Norvell has scoured that UCF scout team tape. Milton has craved scout team reps. Having not played for two seasons, he needed the work and exposure. Milton's father had called around. If his son was going to make an NFL impression, he needed film.
Weird, maybe, for a veteran who has started 33 games, but the skeptics want to see how that leg holds up, too.
"Who cares if you're pushed around as a third- or fourth-string quarterback [in the NFL]?" Teresa Milton said. "… I said, 'Son, you might as well get paid $400,00 if you're going to take this beating.'"
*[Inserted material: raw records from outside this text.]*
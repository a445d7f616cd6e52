//! How much a run transfers at once.

ghost use Rattle.std.specs.Prelude.{◌≡◌, ℕ, ◌≤◌, ◌⊎◌, List, [], max, true};
ghost use Rattle.nc_base.specs.declared.header.Header.{Header};
ghost use Rattle.nc_base.specs.declared.script.Hints.{Hints};
ghost use Rattle.nc_base.specs.declared.script.Script.{Script};
ghost use Rattle.nc_base.specs.declared.step.DiskCall.{DiskCall};
ghost use Rattle.nc_base.specs.declared.step.Mark.{Mark};
ghost use Rattle.nc_base.specs.declared.step.Offer.{Offer};
ghost use Rattle.serial_spec.specs.DeviceCalls.{collective_windows, hull_len, in_order, meeting_calls, run_calls, sieving_windows, solo_calls};
ghost use Rattle.serial_spec.specs.FileStep.{Counted, Setting};
ghost use Rattle.serial_spec.specs.Lawful.{is_lawful};
ghost use Rattle.serial_spec.specs.Lists.{In};
ghost use Rattle.whole_run_laws.specs.Transfers.{is_count_store, longest, transferred};

/// A window's hull, from its first byte to its last, is never longer than the window's buffer.
pub fn hull_law()
    ensures collective { (hints : Hints) (bytes window : List ℕ) → 1 ≤ hints.cb_buffer → In (collective_windows hints (in_order bytes)) window
        → hull_len window ≤ hints.cb_buffer }
    ensures sieving { (buffer : ℕ) (bytes window : List ℕ) → 1 ≤ buffer → In (sieving_windows buffer bytes) window → hull_len window ≤ buffer }
{}

/// No call of a step reads or writes more than the step's buffer, but for the store of the record count.
pub fn transfer_law()
    ensures meeting { (hints : Hints) (s : Setting) (offers : List Offer) (c : Counted) (call : DiskCall) → 1 ≤ hints.cb_buffer
        → In (meeting_calls hints s offers c) call → (transferred call ≤ hints.cb_buffer) ⊎ (is_count_store s.header call ≡ true) }
    ensures solo_puts { (hints : Hints) (s : Setting) (r : ℕ) (o : Offer) (c : Counted) (call : DiskCall) → 1 ≤ hints.wr_buffer → o.batch.gets ≡ []
        → In (solo_calls hints s r o c) call → transferred call ≤ hints.wr_buffer }
    ensures solo_gets { (hints : Hints) (s : Setting) (r : ℕ) (o : Offer) (c : Counted) (call : DiskCall) → 1 ≤ hints.rd_buffer → o.batch.puts ≡ []
        → In (solo_calls hints s r o c) call → transferred call ≤ hints.rd_buffer }
    ensures solo { (hints : Hints) (s : Setting) (r : ℕ) (o : Offer) (c : Counted) (call : DiskCall) → 1 ≤ hints.wr_buffer → 1 ≤ hints.rd_buffer
        → In (solo_calls hints s r o c) call → transferred call ≤ max hints.wr_buffer hints.rd_buffer }
    ensures run { (script : Script) (header : Header) (file : List ℕ) (order : List Mark) (call : DiskCall) → is_lawful script ≡ true
        → In (run_calls script header file order) call → (transferred call ≤ longest script.hints) ⊎ (is_count_store header call ≡ true) }
{}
Considering where her son has come from, a pro career would be a blessing beyond imagination. But not until this critical, all-or-nothing season. Not just for Milton but for Florida State.
The ACC isn't getting any easier, and the Noles haven't had a winning season since 2017. Their last 10-win campaign was five years ago.
"I can't think about if something happens to him two games in or one game in," Teresa Milton said, "because I have to trust that God would not have allowed a coach to pick him up, God would not have allowed him to heal. God would not have opened a door."
In private moments, the mother shares those concerns with her son.
"Are you scared?" she asks.
"No," the son says.
"I'm scared," she responds.
The son laughs. He has already told his mother what he has already shown the world once before.
There's nothing McKenzie Milton can't do on a football field.